▸ Your goal:
Somewhere below, one line contains "pub fn reserved(raw: u32) -> What" and a later line contains "pub use crate::unreadable::Unreadable;". Output those two lines and everything between them exactly, and nothing else.

▸ Record extracts:
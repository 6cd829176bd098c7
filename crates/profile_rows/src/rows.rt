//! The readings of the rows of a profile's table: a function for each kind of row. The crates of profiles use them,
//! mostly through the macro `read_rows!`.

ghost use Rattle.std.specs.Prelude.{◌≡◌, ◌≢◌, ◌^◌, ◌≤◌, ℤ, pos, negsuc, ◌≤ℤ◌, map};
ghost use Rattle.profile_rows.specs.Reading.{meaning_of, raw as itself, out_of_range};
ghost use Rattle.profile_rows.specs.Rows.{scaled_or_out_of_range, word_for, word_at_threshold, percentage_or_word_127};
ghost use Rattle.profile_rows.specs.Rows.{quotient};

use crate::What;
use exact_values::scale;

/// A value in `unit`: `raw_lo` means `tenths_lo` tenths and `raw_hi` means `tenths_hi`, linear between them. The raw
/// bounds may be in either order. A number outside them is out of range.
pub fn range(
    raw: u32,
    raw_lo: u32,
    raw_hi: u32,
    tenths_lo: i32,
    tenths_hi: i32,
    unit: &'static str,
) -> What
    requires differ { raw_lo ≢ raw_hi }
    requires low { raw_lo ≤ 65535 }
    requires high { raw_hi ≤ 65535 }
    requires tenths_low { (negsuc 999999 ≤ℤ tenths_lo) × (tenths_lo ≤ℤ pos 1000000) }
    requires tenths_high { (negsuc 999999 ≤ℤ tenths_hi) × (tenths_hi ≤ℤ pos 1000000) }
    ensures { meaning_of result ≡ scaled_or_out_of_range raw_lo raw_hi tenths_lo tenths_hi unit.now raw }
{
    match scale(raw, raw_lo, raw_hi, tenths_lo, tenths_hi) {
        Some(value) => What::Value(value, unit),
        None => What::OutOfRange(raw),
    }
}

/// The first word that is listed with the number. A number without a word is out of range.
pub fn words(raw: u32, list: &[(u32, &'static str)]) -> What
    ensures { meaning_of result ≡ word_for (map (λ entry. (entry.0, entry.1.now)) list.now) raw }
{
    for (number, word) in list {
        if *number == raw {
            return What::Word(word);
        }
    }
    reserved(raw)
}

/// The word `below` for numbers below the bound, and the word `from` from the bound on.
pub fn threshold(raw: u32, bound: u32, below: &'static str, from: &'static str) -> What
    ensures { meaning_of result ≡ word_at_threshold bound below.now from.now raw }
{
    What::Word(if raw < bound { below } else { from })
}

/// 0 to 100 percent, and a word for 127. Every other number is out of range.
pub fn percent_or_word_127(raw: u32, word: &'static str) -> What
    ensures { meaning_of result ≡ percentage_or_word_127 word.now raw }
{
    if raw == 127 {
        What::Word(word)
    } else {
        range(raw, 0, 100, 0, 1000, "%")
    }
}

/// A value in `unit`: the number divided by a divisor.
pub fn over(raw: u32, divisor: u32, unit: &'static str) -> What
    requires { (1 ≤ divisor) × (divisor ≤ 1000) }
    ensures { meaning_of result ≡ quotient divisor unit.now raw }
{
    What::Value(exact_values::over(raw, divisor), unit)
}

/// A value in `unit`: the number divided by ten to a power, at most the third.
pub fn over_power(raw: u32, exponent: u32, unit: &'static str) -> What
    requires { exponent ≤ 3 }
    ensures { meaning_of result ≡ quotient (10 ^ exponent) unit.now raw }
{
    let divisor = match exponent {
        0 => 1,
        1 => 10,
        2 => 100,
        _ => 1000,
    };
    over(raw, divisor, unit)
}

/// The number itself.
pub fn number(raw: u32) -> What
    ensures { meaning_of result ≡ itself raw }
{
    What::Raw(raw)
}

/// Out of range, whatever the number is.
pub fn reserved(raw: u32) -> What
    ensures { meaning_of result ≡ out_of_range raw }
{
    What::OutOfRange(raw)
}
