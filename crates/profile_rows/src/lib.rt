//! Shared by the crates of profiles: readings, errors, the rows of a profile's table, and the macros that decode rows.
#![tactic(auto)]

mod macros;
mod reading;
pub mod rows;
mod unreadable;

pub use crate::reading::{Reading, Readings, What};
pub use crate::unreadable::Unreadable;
* * *
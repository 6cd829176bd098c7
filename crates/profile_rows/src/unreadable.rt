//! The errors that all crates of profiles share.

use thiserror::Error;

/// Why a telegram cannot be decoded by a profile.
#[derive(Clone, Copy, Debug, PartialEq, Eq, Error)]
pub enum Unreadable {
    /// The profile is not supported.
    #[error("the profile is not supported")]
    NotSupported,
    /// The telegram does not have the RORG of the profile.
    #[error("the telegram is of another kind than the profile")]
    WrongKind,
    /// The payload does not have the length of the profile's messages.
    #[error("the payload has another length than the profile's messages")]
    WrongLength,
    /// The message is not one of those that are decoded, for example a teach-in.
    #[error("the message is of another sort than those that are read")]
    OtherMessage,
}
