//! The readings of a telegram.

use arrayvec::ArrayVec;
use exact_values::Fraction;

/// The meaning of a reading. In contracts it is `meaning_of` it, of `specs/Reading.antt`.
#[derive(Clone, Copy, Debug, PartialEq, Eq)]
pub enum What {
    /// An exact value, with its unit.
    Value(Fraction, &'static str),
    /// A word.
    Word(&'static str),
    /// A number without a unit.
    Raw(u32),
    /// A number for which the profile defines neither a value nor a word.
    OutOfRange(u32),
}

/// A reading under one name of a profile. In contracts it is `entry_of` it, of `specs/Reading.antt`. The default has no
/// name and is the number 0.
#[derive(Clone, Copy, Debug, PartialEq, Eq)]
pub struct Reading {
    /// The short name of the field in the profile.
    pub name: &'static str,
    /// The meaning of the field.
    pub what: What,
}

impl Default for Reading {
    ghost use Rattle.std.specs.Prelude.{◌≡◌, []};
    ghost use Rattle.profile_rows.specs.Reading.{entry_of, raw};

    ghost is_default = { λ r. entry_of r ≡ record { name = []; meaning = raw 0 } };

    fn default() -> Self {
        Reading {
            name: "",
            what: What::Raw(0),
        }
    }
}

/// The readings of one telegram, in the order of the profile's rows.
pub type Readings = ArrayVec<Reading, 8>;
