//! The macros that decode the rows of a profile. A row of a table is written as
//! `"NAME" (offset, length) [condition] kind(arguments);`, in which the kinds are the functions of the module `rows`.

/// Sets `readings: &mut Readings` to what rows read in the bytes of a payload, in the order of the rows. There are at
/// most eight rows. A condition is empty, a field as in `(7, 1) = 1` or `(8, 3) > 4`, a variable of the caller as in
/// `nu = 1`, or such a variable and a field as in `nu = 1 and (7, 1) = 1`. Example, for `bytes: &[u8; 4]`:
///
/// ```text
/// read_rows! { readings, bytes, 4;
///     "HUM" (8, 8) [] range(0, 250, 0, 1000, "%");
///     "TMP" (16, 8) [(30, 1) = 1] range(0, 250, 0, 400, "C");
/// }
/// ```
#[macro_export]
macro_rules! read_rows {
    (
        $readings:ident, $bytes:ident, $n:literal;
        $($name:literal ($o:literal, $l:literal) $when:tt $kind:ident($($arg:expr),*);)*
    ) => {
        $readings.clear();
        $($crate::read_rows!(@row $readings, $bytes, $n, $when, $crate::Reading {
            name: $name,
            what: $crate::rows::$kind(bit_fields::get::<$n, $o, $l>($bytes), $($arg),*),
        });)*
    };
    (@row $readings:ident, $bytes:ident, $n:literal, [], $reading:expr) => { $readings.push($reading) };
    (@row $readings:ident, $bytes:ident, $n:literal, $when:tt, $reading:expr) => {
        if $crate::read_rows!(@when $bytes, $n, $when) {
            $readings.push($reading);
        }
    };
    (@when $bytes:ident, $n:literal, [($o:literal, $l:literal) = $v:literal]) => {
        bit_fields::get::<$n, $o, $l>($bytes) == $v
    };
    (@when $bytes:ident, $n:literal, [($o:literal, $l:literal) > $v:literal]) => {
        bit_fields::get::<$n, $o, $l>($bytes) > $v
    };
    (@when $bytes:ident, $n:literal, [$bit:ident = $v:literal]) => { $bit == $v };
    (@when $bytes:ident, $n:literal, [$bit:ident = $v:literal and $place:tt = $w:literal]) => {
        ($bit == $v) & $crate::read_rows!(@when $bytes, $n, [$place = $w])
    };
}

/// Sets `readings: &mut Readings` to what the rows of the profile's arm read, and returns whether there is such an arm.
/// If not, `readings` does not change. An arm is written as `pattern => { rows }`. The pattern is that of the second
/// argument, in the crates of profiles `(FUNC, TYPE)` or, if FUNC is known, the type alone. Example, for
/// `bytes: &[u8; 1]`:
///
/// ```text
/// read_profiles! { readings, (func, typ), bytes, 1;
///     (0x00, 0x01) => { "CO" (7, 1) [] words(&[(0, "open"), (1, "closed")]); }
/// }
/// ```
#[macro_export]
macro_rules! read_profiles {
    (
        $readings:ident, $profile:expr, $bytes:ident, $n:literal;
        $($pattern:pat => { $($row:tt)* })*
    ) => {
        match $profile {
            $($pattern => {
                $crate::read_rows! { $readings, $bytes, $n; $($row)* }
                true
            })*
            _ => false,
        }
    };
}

▸ Exercise result:
pub fn reserved(raw: u32) -> What
    ensures { meaning_of result ≡ out_of_range raw }
{
    What::OutOfRange(raw)
}
filename crates/profile_rows/src/lib.rt
//! Shared by the crates of profiles: readings, errors, the rows of a profile's table, and the macros that decode rows.
#![tactic(auto)]

mod macros;
mod reading;
pub mod rows;
mod unreadable;

pub use crate::reading::{Reading, Readings, What};
pub use crate::unreadable::Unreadable;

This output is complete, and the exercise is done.